> What is expected
The answer must be a single number: how many lines below contain "filename".

> The records
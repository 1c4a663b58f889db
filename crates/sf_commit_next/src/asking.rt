//! The tokens that may have something to commit yet in a vsync, the lowest first.
ghost use Rattle.std.specs.List.Sorted.{IsStrictlySortedBy};
ghost use Rattle.std.specs.Ordering.{nat_cmp};
ghost use Rattle.std.specs.Prelude.{◌≡◌, [], ◌∷◌, OnOk};
ghost use Rattle.sf_commit_next.specs.Asking.{TakesLowest};

use sf_base::{NoMemory, TokenId};
use std::alloc::Global;
use std::marker::Model;

/// The tokens whose first transactions may commit yet in a vsync, by their numbers, which rise.
#[derive(Drop)]
pub struct Asking {
    // From the highest.
    tokens: Vec<u32>,
}

impl Model for Asking {
    ghost use Rattle.std.specs.List.Sorted.{IsStrictlySortedBy};
    ghost use Rattle.std.specs.Ordering.{nat_cmp};
    ghost use Rattle.std.specs.Prelude.{ℕ, List, reverse};

    ghost Value = { List ℕ };

    ghost view = { λ a. reverse a.tokens.items };

    ghost invariant = { λ a. IsStrictlySortedBy nat_cmp (reverse a.tokens.items) };
}

impl Asking {
    /// No token.
    pub fn new(alloc: Global) -> Asking
        ensures { result ≡ [] }
    {
        Asking {
            tokens: Vec::new(alloc),
        }
    }

    /// States that the numbers of the tokens rise, and does nothing.
    pub fn rises(&self)
        ensures { IsStrictlySortedBy nat_cmp self.now }
    {
        let _tokens = &self.tokens;
    }

    /// A token has to be asked, too, which is lower than all others.
    pub fn add_lowest(&mut self, token: TokenId) -> Result<(), NoMemory>
        requires { IsStrictlySortedBy nat_cmp (token.0 ∷ self.old) }
        ensures { OnOk result (self.new ≡ token.0 ∷ self.old) }
    {
        self.tokens.push(token.0)?;
        Ok(())
    }

    /// Takes the lowest token out, if there is one.
    pub fn take_lowest(&mut self) -> Option<TokenId>
        ensures { TakesLowest self.old self.new result }
    {
        let number = self.tokens.pop()?;
        Some(TokenId(number))
    }
}
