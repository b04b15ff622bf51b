// A member of an object that is written: `this`, one round it, `super`, or a cast of what stands there (JLS 15.8.3, 15.8.4, 15.11, 15.16).
ghost use Rattle.std.specs.Prelude.{◌≡◌, ◌<◌, ◌∷◌, [], false, if◌then◌else◌, is_some, IfOk, List, Option, length};
ghost use Rattle.jr_defs.specs.declared.referent.Referent.{Referent as Found};
ghost use Rattle.jr_defs.specs.declared.referent.RowType.{RowType as Ty};
ghost use Rattle.jr_shapes.specs.declared.spelling.Shape.{Shape as Written};
ghost use Rattle.jr_spelling_rules.specs.Candidates as candidate;
ghost use Rattle.jr_spelling_rules.specs.Fitting as fitting;
ghost use Rattle.jr_spell.specs.Objects as object;
ghost use Rattle.jr_spell.specs.Shaping as shaping;
ghost use Rattle.jr_spell.specs.Spellers as tell;

use crate::added::{Added, joined};
use crate::fitting::{Fit, Looked, Way};
use crate::reference::Reference;
use crate::speller::Speller;
use jr_base::OutOfMemory;
use jr_defs::{Referent, RowType};
use jr_lookup::has_instance;
use jr_places::declaring_type;
use jr_shapes::{Shape, Suffix};
use jr_supers::class_type;
use jr_tree::{NameKind, Sought};
use std::alloc::Global;

/// What is written before a member by the name of a type.
#[derive(Clone, Copy, Debug, PartialEq, Eq)]
pub enum Addition {
    /// `T.this`
    Outer,
    /// `((S)this)`
    CastThis,
    /// `((S)e)`
    Cast,
}

// The shape, by the name that is added.
fn shape_by(addition: Addition, suffix: Suffix) -> Shape
    ensures { result ≡ object.shape_by addition suffix }
{
    match addition {
        Addition::Outer => Shape::Outer(suffix),
        Addition::CastThis => Shape::CastThis(suffix),
        Addition::Cast => Shape::Cast(suffix),
    }
}

// The way of a member of an object of a class, which is that of the level.
fn object_way(class: u32, level: Option<u32>) -> Way
    ensures { result ≡ object.object_way class level }
{
    Way {
        receiver: Some(class_type(class)),
        level,
        is_constant_form: false,
    }
}

// The way of a field through `super`.
fn super_way(level: Option<u32>) -> Way
    ensures { result ≡ object.super_way level }
{
    Way {
        receiver: None,
        level,
        is_constant_form: false,
    }
}

// The row, if the other one is the same.
fn only_same(one: Option<u32>, row: u32) -> Option<u32>
    ensures { result ≡ object.only_same one row }
{
    match one {
        Some(found) => if found == row { Some(row) } else { None },
        None => None,
    }
}

// The row, if this is so.
fn only_if(is_so: bool, row: u32) -> Option<u32>
    ensures { result ≡ object.only_if is_so row }
{
    if is_so { Some(row) } else { None }
}
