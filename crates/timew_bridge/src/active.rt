// The task that was started last.
ghost use Rattle.std.specs.Prelude.{◌≡◌, codes, cond, None};
ghost use Rattle.tw_urgency.specs.Status.{has_status};
ghost use Rattle.tw_urgency.specs.Stored.{moment_at};
ghost use Rattle.timew_bridge.specs.Active.{started_from, later, latest};

use tw_model::{TaskMap, Tasks};
use tw_urgency::moment_at;
use uuid::Uuid;

/// A task that was started, and when.
#[derive(Clone, Copy)]
pub struct Active {
    pub uuid: Uuid,
    pub start: u64,
}

// Whether a task is pending or waiting.
fn is_pending(task: &TaskMap) -> bool
    ensures { result ≡ has_status (codes "pending") task.now }
{
    task.get("status") == Some("pending")
}

/// When a task was started.
pub fn start_of(task: &TaskMap) -> Option<u64>
    ensures { result ≡ moment_at (codes "start") task.now }
{
    moment_at(task, "start")
}

/// A task with this start, if it is pending or waiting and was started, now or before.
pub fn started(now: u64, uuid: Uuid, task: &TaskMap, start: Option<u64>) -> Option<Active>
    ensures { result ≡ cond (has_status (codes "pending") task.now) (started_from now uuid start) None }
{
    match start {
        Some(start) if start <= now && is_pending(task) => Some(Active { uuid, start }),
        _ => None,
    }
}

/// Of two, the one that was started later; the second one, if both were at once.
pub fn later(one: Option<Active>, other: Option<Active>) -> Option<Active>
    ensures { result ≡ later one other }
{
    match (one, other) {
        (one, None) => one,
        (None, other) => other,
        (Some(one), Some(other)) => {
            if other.start < one.start {
                Some(one)
            } else {
                Some(other)
            }
        }
    }
}

/// The task that is pending or waiting and was started last, not after now; of those that were at once, the one with the greatest
/// uuid.
pub fn latest(tasks: &Tasks, now: u64) -> Option<Active>
    ensures { result ≡ latest tasks.now now }
{
    let mut last = None;
    for (uuid, task) in tasks.iter() {
        last = later(last, started(now, *uuid, task, start_of(task)));
    }
    last
}
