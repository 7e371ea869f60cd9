// Intervals that end because of tasks.
ghost use Rattle.std.specs.Prelude.{◌≡◌, ◌++◌, codes, IfOk, OnOk};
ghost use Rattle.std.specs.List.{flat_map};
ghost use Rattle.std.specs.Option.{option_copied};
ghost use Rattle.tw_urgency.specs.Stored.{moment_at};
ghost use Rattle.timew_bridge.specs.Track.{ended, ended_if, let_go_at, let_go_by, let_go, released, given_way};
ghost use Rattle.timew_bridge.specs.Known.{known_lets_go, known_end, released_known};

use crate::active::start_of;
use crate::known::{Known, find_known};
use crate::named::uuid_in;
use std::alloc::Global;
use timew_interval::Interval;
use tw_model::{TaskMap, Tasks};
use tw_urgency::moment_at;
use tw_world::Memory;
use uuid::Uuid;

// Adds an interval that ends at a second to others, or none if it has no second before that.
fn push_ended(out: &mut Vec<Interval>, end: u64, row: Interval) -> Result<(), Memory>
    ensures { OnOk result (out.new.items ≡ out.old.items ++ ended end row) }
{
    if row.start < end {
        let mut row = row;
        row.end = Some(end);
        out.push(row)?;
    }
    Ok(())
}

fn push_ended_if(out: &mut Vec<Interval>, end: Option<u64>, row: Interval) -> Result<(), Memory>
    ensures { OnOk result (out.new.items ≡ out.old.items ++ ended_if end row) }
{
    match end {
        Some(end) => push_ended(out, end, row),
        None => {
            out.push(row)?;
            Ok(())
        }
    }
}

fn let_go_at(start: u64, now: u64, modified: Option<u64>) -> u64
    ensures { result ≡ let_go_at start now modified }
{
    match modified {
        Some(at) if start < at && at <= now => at,
        _ => now,
    }
}

// When an interval ends whose task was not started or is not there.
fn lets_go(start: u64, now: u64, known: Option<&Known>) -> Option<u64>
    ensures { result ≡ known_lets_go start now (option_copied known.entry) }
{
    match known {
        Some(task) if task.is_started => None,
        Some(task) => Some(let_go_at(start, now, task.modified())),
        None => Some(now),
    }
}

fn known_end(known: &[Known], now: u64, start: u64, uuid: Option<Uuid>) -> Option<u64>
    ensures { result ≡ known_end known.now now start uuid }
{
    match uuid {
        Some(uuid) => lets_go(start, now, find_known(known, uuid)),
        None => None,
    }
}

fn push_released(
    out: &mut Vec<Interval>,
    known: &[Known],
    now: u64,
    row: Interval,
) -> Result<(), Memory>
    ensures { OnOk result (out.new.items ≡ out.old.items ++ released_known known.now now row) }
{
    match row.end {
        Some(_) => out.push(row)?,
        None => {
            let end = known_end(known, now, row.start, uuid_in(row.annotation.as_str()));
            push_ended_if(out, end, row)?;
        }
    }
    Ok(())
}

/// The rows, with an open one ended if its task is known to be active no more.
pub fn all_released(
    alloc: Global,
    known: &[Known],
    now: u64,
    rows: Vec<Interval>,
) -> Result<Vec<Interval>, Memory>
    ensures { IfOk result (λ out. out.items ≡ flat_map (released_known known.now now) rows.items) }
{
    let mut out = Vec::with_capacity(alloc, rows.len().saturating_add(1))?;
    for row in rows {
        push_released(&mut out, known, now, row)?;
    }
    Ok(out)
}

// When an interval of this task ends.
fn let_go_by(start: u64, now: u64, task: &TaskMap) -> Option<u64>
    ensures { result ≡ let_go_by start now (moment_at (codes "modified") task.now) (moment_at (codes "start") task.now) }
{
    match start_of(task) {
        Some(_) => None,
        None => Some(let_go_at(start, now, moment_at(task, "modified"))),
    }
}

fn let_go(tasks: &Tasks, now: u64, start: u64, uuid: Option<Uuid>) -> Option<u64>
    ensures { result ≡ let_go tasks.now now start uuid }
{
    match tasks.get(uuid?) {
        Some(task) => let_go_by(start, now, task),
        None => Some(now),
    }
}

fn push_let_go(
    out: &mut Vec<Interval>,
    tasks: &Tasks,
    now: u64,
    row: Interval,
) -> Result<(), Memory>
    ensures { OnOk result (out.new.items ≡ out.old.items ++ released tasks.now now row) }
{
    match row.end {
        Some(_) => out.push(row)?,
        None => {
            let end = let_go(tasks, now, row.start, uuid_in(row.annotation.as_str()));
            push_ended_if(out, end, row)?;
        }
    }
    Ok(())
}

/// The rows, with an open one ended if its task is active no more.
pub fn all_let_go(
    alloc: Global,
    tasks: &Tasks,
    now: u64,
    rows: Vec<Interval>,
) -> Result<Vec<Interval>, Memory>
    ensures { IfOk result (λ out. out.items ≡ flat_map (released tasks.now now) rows.items) }
{
    let mut out = Vec::with_capacity(alloc, rows.len().saturating_add(1))?;
    for row in rows {
        push_let_go(&mut out, tasks, now, row)?;
    }
    Ok(out)
}

fn push_given_way(
    out: &mut Vec<Interval>,
    start: u64,
    now: u64,
    row: Interval,
) -> Result<(), Memory>
    ensures { OnOk result (out.new.items ≡ out.old.items ++ given_way start now row) }
{
    match row.end {
        Some(_) => out.push(row)?,
        None => {
            let end = if row.start < start { start } else { now };
            push_ended(out, end, row)?;
        }
    }
    Ok(())
}

/// The rows, with an open one ended when a task starts, or now if it began then or later.
pub fn all_given_way(
    alloc: Global,
    start: u64,
    now: u64,
    rows: Vec<Interval>,
) -> Result<Vec<Interval>, Memory>
    ensures { IfOk result (λ out. out.items ≡ flat_map (given_way start now) rows.items) }
{
    let mut out = Vec::with_capacity(alloc, rows.len().saturating_add(1))?;
    for row in rows {
        push_given_way(&mut out, start, now, row)?;
    }
    Ok(out)
}
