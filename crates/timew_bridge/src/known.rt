// What intervals ask of a task.
ghost use Rattle.std.specs.Prelude.{◌≡◌, IfOk};
ghost use Rattle.std.specs.Option.{option_copied};
ghost use Rattle.tw_text.specs.Natural.{natural};
ghost use Rattle.tw_urgency.specs.Stored.{moment_of, in_years};
ghost use Rattle.timew_bridge.specs.Known.{known_with, find_known};

use std::alloc::Global;
use tw_model::TaskMap;
use tw_text::read_u64;
use tw_world::{MOMENT_LIMIT, Memory, Text};
use uuid::Uuid;

/// What intervals ask of a task: whether it was started, and the text of when it was changed, which is read only of a task whose
/// interval is open.
#[derive(Drop)]
pub struct Known {
    pub uuid: Uuid,
    pub is_started: bool,
    pub changed: Option<Text>,
}

// The moment that a text tells.
fn moment_in(text: &str) -> Option<u64>
    ensures { result ≡ in_years (natural text.now) }
{
    match read_u64(text) {
        Some(at) if at < MOMENT_LIMIT => Some(at),
        _ => None,
    }
}

impl Known {
    /// When the task was changed.
    pub fn modified(&self) -> Option<u64>
        ensures { result ≡ moment_of self.now.changed }
    {
        match &self.changed {
            Some(text) => moment_in(text.as_str()),
            None => None,
        }
    }
}

fn copy_value(alloc: Global, value: Option<&str>) -> Result<Option<Text>, Memory>
    ensures { IfOk result (λ copy. copy ≡ option_copied value.entry) }
{
    match value {
        Some(text) => Ok(Some(Text::from_str(alloc, text)?)),
        None => Ok(None),
    }
}

/// What intervals ask of a task with this start. A moment as usual takes no memory of its own.
pub fn known_of(
    alloc: Global,
    uuid: Uuid,
    task: &TaskMap,
    start: Option<u64>,
) -> Result<Known, Memory>
    ensures { IfOk result (λ known. known ≡ known_with uuid task.now start) }
{
    let changed = copy_value(alloc, task.get("modified"))?;
    Ok(Known {
        uuid,
        is_started: start.is_some(),
        changed,
    })
}

/// What is known of the task of a uuid.
pub fn find_known(known: &[Known], uuid: Uuid) -> Option<&Known>
    ensures { option_copied result ≡ find_known uuid known.now }
{
    for one in known {
        if uuid == one.uuid {
            return Some(one);
        }
    }
    None
}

> Solution
3